FTC Abandons Appeal of Philadelphia Hospital Merger, Allowing Jefferson and Einstein to Proceed with Creation of 18-Hospital System

Mintz - Antitrust Viewpoints

Back in December, we wrote about a district court ruling rejecting the Federal Trade Comission’s (“FTC”) motion to enjoin the proposed combination of Thomas Jefferson University (“TJU”) and Albert Einstein Healthcare Network (“Einstein”) that would create an 18-hospital system in the Philadelphia area. The FTC and the Pennsylvania Attorney General had alleged the merger would lead to TJU/Einstein controlling at least 60% of the inpatient GAC hospital services market in a portion of Philadelphia. Following the district court decision, the FTC quickly appealed to the Third Circuit Court of Appeals and filed an emergency motion for a stay pending appeal. Days later, a three-judge panel denied the government’s motion without comment.
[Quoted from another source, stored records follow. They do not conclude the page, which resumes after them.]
//! What of the partner's shows that it has taken a message of a volume: then it has taken all of those before.

ghost use Rattle.std.specs.Prelude.{◌≡◌, ◌↔◌, IsTrue};
ghost use Rattle.folder_start.specs.Reached.{change_before, restarts_before, AnswersVolume, HasReached};

use binding_rules::{Body, Counter, PartnerMessage};
use journal_lines::{Event, Line};
use prefix_range::Prefix;

/// So many of a volume's last lines that take a message are looked at.
const LAST_TAKEN: usize = 16;

/// Returns how often a server had begun again when its volume began.
fn restarts_before(lines: &[Line]) -> Counter
    ensures { result ≡ restarts_before lines.now }
{
    for line in lines {
        if let Event::Base(numbers) = &line.event {
            return numbers.restart;
        }
    }
    Counter::ZERO
}

/// Returns the number of a unit's last change when the volume began.
fn change_before(lines: &[Line], prefix: &Prefix) -> Counter
    ensures { result ≡ change_before prefix.now lines.now }
{
    for line in lines {
        if let Event::Unit(kept) = &line.event {
            if kept.prefix == *prefix {
                return kept.mine;
            }
        }
    }
    Counter::ZERO
}

/// Returns whether a message of the partner's answers what a volume of these lines told it: a change that the volume
/// made, or a restart.
fn answers(lines: &[Line], message: &PartnerMessage) -> bool
    ensures { IsTrue result ↔ AnswersVolume lines.now message.now.body }
{
    match &message.body {
        Body::Reply(reply) => reply.of > change_before(lines, &reply.prefix),
        Body::Contact { answer, .. } => *answer > restarts_before(lines),
        Body::Update(_) => false,
    }
}

/// Returns whether one of the last messages that a volume of these lines takes answers what the volume told.
pub(crate) fn has_reached_partner(lines: &[Line]) -> bool
    ensures { IsTrue result → HasReached lines.now }
{
    let mut looked = 0usize;
    for line in lines.iter().rev() {
        if let Event::Take(message) = &line.event {
            if answers(lines, message) {
                return true;
            }
            looked = looked.saturating_add(1);
            if looked >= LAST_TAKEN {
                return false;
            }
        }
    }
    false
}
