//! The evidence of an interval, as it is written.

ghost use Rattle.std.specs.Prelude.{◌≡◌, ◌++◌, IfOk, OnOk};
ghost use Rattle.certificate.specs.Spelling.{certificate_text};
ghost use Rattle.attribution_desk.specs.Searching.{answer_text};
ghost use Rattle.archive_desk.specs.CommandOutputs.{said_of, noted_first};
ghost use Rattle.archive_desk.specs.Telling.{falls_short, evidence_text, IsEvidenceNoted};
ghost use Rattle.joined_evidence.specs.Telling.{joined_text, joined_status, IsJoinedNoted, stretch_text};
ghost use Rattle.joined_evidence.specs.Telling.{stretch_status, IsStretchNoted, IsStretchMore, AreStretchesSaid};
ghost use Rattle.joined_evidence.specs.Telling.{IsEvidenceTold};

use crate::span_searching::SpanEvidence;
use crate::stretches::{SpannedEvidence, SpannedStretch};
use archive_desk::{
    CommandOutput, EvidenceReply, TimingBounds, gap_line, passed_over, push_journals, push_volumes,
};
use archive_files::FilesError;
use attribution_desk::SearchAnswer;
use causal_order::Certificate;
use desk_args::NoteDetail;
use lead_time::Reading;
use std::alloc::{AllocError, Global};
use std::path::PathBuf;
use text_fields::push_number;
use time_text::push_time;

/// Returns whether two journals that end there end before this moment.
fn falls_short(until: &Option<u64>, end: u64) -> bool
    ensures { result ≡ falls_short until.now end }
{
    match until {
        Some(until) => *until < end,
        None => false,
    }
}

/// Appends a moment as a time, or one that is none in milliseconds.
fn push_moment(out: &mut Vec<u8>, moment: u64) -> Result<(), AllocError> {
    match Reading::new(moment) {
        Ok(reading) => push_time(out, reading),
        Err(_) => push_number(out, moment),
    }
}

/// The line that says that the two files show less than was asked of, or nothing.
fn reach_line(alloc: Global, until: &Option<u64>, end: u64) -> Result<Vec<u8>, AllocError> {
    let mut line = Vec::new(alloc);
    if let Some(until) = until {
        if *until < end {
            line.extend_from_slice(b"lacking Later: these two files show nothing from ")?;
            push_moment(&mut line, *until)?;
            line.extend_from_slice(b" on\n")?;
        }
    }
    Ok(line)
}

/// Appends what the desk answers.
fn push_answer(alloc: Global, out: &mut Vec<u8>, answer: &SearchAnswer) -> Result<(), FilesError>
    ensures { OnOk result (out.new.items ≡ out.old.items ++ answer_text answer.now) }
{
    let Ok(text) = answer.evidence_text(alloc) else {
        return Err(FilesError::Memory);
    };
    out.extend_from_slice(&text)?;
    Ok(())
}

/// Appends what the desk answers over a pair of volumes, behind the line that names the two files; or `none`.
fn push_own(
    alloc: Global,
    out: &mut Vec<u8>,
    names: &[PathBuf],
    reply: &EvidenceReply,
) -> Result<(), FilesError>
    ensures { OnOk result (out.new.items ≡ out.old.items ++ evidence_text names.now reply.now) }
{
    match reply {
        EvidenceReply::Answered { pair, answer, .. } => {
            push_journals(out, names, pair)?;
            push_answer(alloc, out, answer)
        }
        EvidenceReply::Lacking(_, _) => {
            out.extend_from_slice(b"none\n")?;
            Ok(())
        }
    }
}

/// What is noted of the reply of a pair of volumes to a question that asks of nothing from `end` on: which moments are
/// lacking, and why.
fn own_notes(
    alloc: Global,
    names: &[PathBuf],
    reply: &EvidenceReply,
    bounds: &TimingBounds,
    end: u64,
) -> Result<Vec<u8>, AllocError>
    ensures { IfOk result (λ notes. IsEvidenceNoted reply.now notes.items) }
{
    match reply {
        EvidenceReply::Answered {
            answer,
            warnings,
            until,
            ..
        } => {
            let mut notes = Vec::new(alloc);
            notes.extend_from_slice(warnings)?;
            notes.extend_from_slice(answer.note())?;
            notes.extend_from_slice(&reach_line(alloc, until, end)?)?;
            Ok(notes)
        }
        EvidenceReply::Lacking(side, lack) => gap_line(alloc, names, *side, lack, bounds),
    }
}

/// Appends a certificate's text.
fn push_certificate(
    alloc: Global,
    out: &mut Vec<u8>,
    certificate: &Certificate,
) -> Result<(), FilesError>
    ensures { OnOk result (out.new.items ≡ out.old.items ++ certificate_text certificate.now) }
{
    let Ok(text) = certificate::write(alloc, certificate) else {
        return Err(FilesError::Memory);
    };
    out.extend_from_slice(&text)?;
    Ok(())
}

impl SpanEvidence {
    /// Appends the certificate, behind the line that names the last file of each side.
    fn push_text(
        &self,
        alloc: Global,
        out: &mut Vec<u8>,
        names: &[PathBuf],
    ) -> Result<(), FilesError>
        ensures { OnOk result (out.new.items ≡ out.old.items ++ joined_text names.now self.now) }
    {
        push_journals(out, names, &self.pair)?;
        push_certificate(alloc, out, &self.certificate)
    }

    /// 0 where the volumes show all before `end`, else 1.
    pub fn status_up_to(&self, end: u64) -> u8
        ensures { result ≡ joined_status end self.now }
    {
        if falls_short(&self.until, end) { 1 } else { 0 }
    }

    /// What is noted of it to a question that asks of nothing from `end` on: the volumes where they are several of a
    /// side, the warnings on the two journals (K2, K3), and which moments are lacking.
    fn noted(&self, alloc: Global, end: u64) -> Result<Vec<u8>, AllocError>
        ensures { IfOk result (λ notes. IsJoinedNoted self.now notes.items) }
    {
        let mut notes = Vec::new(alloc);
        push_volumes(&mut notes, &self.spans)?;
        notes.extend_from_slice(&self.warnings)?;
        notes.extend_from_slice(&reach_line(alloc, &self.until, end)?)?;
        Ok(notes)
    }
}

impl SpannedStretch {
    /// Appends the evidence of the stretch, behind the line that names the two files; or `none`.
    fn push_text(
        &self,
        alloc: Global,
        out: &mut Vec<u8>,
        names: &[PathBuf],
    ) -> Result<(), FilesError>
        ensures { OnOk result (out.new.items ≡ out.old.items ++ stretch_text names.now self.now) }
    {
        match self {
            SpannedStretch::Own(found) => push_own(alloc, out, names, &found.reply),
            SpannedStretch::Joined(evidence, _) => evidence.push_text(alloc, out, names),
        }
    }

    /// 0 where evidence of all of the stretch was found, else 1.
    pub fn status(&self) -> u8
        ensures { result ≡ stretch_status self.now }
    {
        match self {
            SpannedStretch::Own(found) => found.reply.status_up_to(found.end),
            SpannedStretch::Joined(evidence, end) => evidence.status_up_to(*end),
        }
    }

    /// What is noted of the stretch: of spans which volumes they are; the warnings, and which moments are lacking.
    fn noted(
        &self,
        alloc: Global,
        names: &[PathBuf],
        bounds: &TimingBounds,
    ) -> Result<Vec<u8>, AllocError>
        ensures { IfOk result (λ notes. IsStretchNoted self.now notes.items) }
    {
        match self {
            SpannedStretch::Own(found) => own_notes(alloc, names, &found.reply, bounds, found.end),
            SpannedStretch::Joined(evidence, end) => evidence.noted(alloc, *end),
        }
    }
}

/// What is told so far, and of one stretch more.
fn with_stretch(
    alloc: Global,
    names: &[PathBuf],
    told: CommandOutput,
    stretch: &SpannedStretch,
    bounds: &TimingBounds,
) -> Result<CommandOutput, FilesError>
    ensures { IfOk result (λ more. IsStretchMore names.now stretch.now (said_of told) (said_of more)) }
{
    let CommandOutput {
        text,
        status,
        notes,
    } = told;
    let mut text = text;
    let mut notes = notes;
    stretch.push_text(alloc, &mut text, names)?;
    notes.extend_from_slice(&stretch.noted(alloc, names, bounds)?)?;
    let status = if stretch.status() == 0 { status } else { 1 };
    Ok(CommandOutput {
        text,
        status,
        notes,
    })
}

/// Tells of one stretch behind the other, behind these notes.
fn tell_all(
    alloc: Global,
    names: &[PathBuf],
    notes: Vec<u8>,
    all: &[SpannedStretch],
    bounds: &TimingBounds,
) -> Result<CommandOutput, FilesError>
    ensures { IfOk result (λ told. AreStretchesSaid names.now all.now (noted_first notes.items) (said_of told)) }
{
    let mut told = CommandOutput::noting(alloc, notes);
    for stretch in all {
        told = with_stretch(alloc, names, told, stretch, bounds)?;
    }
    Ok(told)
}

impl SpannedEvidence {
    /// What `find` tells: of one stretch behind the other. Standard output has the two files of each and the
    /// certificate, or `none`; the status is 0 where evidence of all is found. Standard error says first which files
    /// are passed over, and then of each stretch its volumes where it is over several of a side, the warnings, and what
    /// is lacking. `Memory` where a growth was refused.
    pub fn told(
        &self,
        alloc: Global,
        names: &[PathBuf],
        detail: NoteDetail,
    ) -> Result<CommandOutput, FilesError>
        ensures { IfOk result (IsEvidenceTold names.now self.now) }
    {
        let bounds = TimingBounds {
            skew: self.query.skew,
            transit: self.query.transit,
        };
        let notes = passed_over(alloc, names, &self.passed_over, detail)?;
        tell_all(alloc, names, notes, &self.stretches, &bounds)
    }
}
On March 1, the parties announced that the FTC was dropping its opposition to the transaction, thus ending its appeal. The FTC’s vote to abandon the transaction was 4-0 and came after the Pennsylvania Attorney General had reached a separate deal with the parties.

With the FTC abandoning its appeal of the district court decision, this case represents the agency’s first loss in a hospital merger challenge since the late 1990s, a period during which the government lost seven straight cases. Starting in 2004, however, after refining its approach to hospital merger analysis, the FTC has had consistent success. That success has not always been at the district court level; twice in 2016 the FTC prevailed on appeal in the Third and Seventh Circuits after district courts had rejected challenges to hospital mergers in in Chicago1 and central Pennsylvania.2 Hence, the Commission’s “surrender” here is particularly notable. The Commission has not disclosed its reasoning, although some of it will likely emerge as it attempts to distinguish the decision in future cases (for example, in the trial scheduled for May in New Jersey in another hospital merger case). For now, the antitrust bar will likely speculate as to the FTC’s rationale.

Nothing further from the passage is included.